Goal of the exercise — Within the listing below, please copy exactly the lines between the line holding "let Some(node) = derivation.graph.node(load)" and the line holding "for index in start..end", inclusive.

———

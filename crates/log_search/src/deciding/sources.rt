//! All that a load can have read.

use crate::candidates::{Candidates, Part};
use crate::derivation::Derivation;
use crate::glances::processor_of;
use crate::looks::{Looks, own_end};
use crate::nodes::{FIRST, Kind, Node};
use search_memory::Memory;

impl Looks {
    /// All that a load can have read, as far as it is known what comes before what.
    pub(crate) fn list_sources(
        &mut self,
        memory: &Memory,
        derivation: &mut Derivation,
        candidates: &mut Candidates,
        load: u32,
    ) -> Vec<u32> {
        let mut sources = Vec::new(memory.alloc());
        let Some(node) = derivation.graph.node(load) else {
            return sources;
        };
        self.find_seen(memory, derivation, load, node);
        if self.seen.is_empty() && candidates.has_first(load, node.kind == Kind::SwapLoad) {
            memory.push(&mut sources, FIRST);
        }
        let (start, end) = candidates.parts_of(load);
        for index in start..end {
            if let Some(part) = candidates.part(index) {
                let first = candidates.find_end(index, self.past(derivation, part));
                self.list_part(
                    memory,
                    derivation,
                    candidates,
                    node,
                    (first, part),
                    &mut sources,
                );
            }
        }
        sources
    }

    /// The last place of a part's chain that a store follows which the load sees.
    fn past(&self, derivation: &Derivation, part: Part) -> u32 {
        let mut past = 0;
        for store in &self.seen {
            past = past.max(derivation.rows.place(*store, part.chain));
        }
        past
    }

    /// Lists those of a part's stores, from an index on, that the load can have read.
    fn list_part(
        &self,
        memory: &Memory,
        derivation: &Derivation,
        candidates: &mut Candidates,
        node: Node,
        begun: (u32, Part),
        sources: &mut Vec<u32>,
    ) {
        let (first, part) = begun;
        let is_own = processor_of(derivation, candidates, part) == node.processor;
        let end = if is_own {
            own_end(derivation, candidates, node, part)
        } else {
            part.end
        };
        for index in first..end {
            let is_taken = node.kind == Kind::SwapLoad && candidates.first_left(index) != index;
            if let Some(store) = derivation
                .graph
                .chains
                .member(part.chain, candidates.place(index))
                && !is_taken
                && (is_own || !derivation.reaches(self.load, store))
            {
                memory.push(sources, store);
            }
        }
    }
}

———

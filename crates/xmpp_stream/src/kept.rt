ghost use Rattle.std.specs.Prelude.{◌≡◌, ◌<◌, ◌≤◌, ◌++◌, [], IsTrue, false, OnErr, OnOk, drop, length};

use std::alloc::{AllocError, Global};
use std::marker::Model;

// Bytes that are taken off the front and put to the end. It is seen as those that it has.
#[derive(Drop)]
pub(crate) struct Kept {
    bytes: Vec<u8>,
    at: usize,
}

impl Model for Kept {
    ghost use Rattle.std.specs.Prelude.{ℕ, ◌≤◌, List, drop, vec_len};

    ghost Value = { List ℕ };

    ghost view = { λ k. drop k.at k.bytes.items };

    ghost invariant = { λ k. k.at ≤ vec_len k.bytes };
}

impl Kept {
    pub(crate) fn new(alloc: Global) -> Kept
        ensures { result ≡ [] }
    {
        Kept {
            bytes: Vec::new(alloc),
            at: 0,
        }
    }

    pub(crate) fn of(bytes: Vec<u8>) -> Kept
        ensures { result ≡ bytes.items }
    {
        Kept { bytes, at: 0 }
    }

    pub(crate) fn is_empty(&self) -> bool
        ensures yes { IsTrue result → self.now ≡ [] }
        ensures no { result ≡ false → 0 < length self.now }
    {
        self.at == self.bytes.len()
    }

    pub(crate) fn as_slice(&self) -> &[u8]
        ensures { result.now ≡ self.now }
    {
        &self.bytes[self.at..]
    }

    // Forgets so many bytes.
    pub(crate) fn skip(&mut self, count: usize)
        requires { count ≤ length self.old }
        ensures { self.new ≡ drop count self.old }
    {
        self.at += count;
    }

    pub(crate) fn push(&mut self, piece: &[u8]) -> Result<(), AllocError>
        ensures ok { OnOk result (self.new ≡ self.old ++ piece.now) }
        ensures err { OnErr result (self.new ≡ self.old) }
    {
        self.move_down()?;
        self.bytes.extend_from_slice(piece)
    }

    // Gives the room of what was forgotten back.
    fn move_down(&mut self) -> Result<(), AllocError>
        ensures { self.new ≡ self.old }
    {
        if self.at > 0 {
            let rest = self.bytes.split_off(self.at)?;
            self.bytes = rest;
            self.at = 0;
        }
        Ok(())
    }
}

———

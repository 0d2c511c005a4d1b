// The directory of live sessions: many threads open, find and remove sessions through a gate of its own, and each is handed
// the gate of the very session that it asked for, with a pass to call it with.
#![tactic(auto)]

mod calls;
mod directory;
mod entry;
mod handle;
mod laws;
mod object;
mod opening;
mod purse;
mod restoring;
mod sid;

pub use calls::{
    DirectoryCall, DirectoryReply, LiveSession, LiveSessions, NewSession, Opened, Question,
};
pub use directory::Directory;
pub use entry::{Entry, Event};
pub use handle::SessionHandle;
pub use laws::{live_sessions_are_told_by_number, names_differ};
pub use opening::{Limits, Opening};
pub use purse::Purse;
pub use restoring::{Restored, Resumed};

———

Solution for this task —
        let Some(node) = derivation.graph.node(load) else {
            return sources;
        };
        self.find_seen(memory, derivation, load, node);
        if self.seen.is_empty() && candidates.has_first(load, node.kind == Kind::SwapLoad) {
            memory.push(&mut sources, FIRST);
        }
        let (start, end) = candidates.parts_of(load);
        for index in start..end {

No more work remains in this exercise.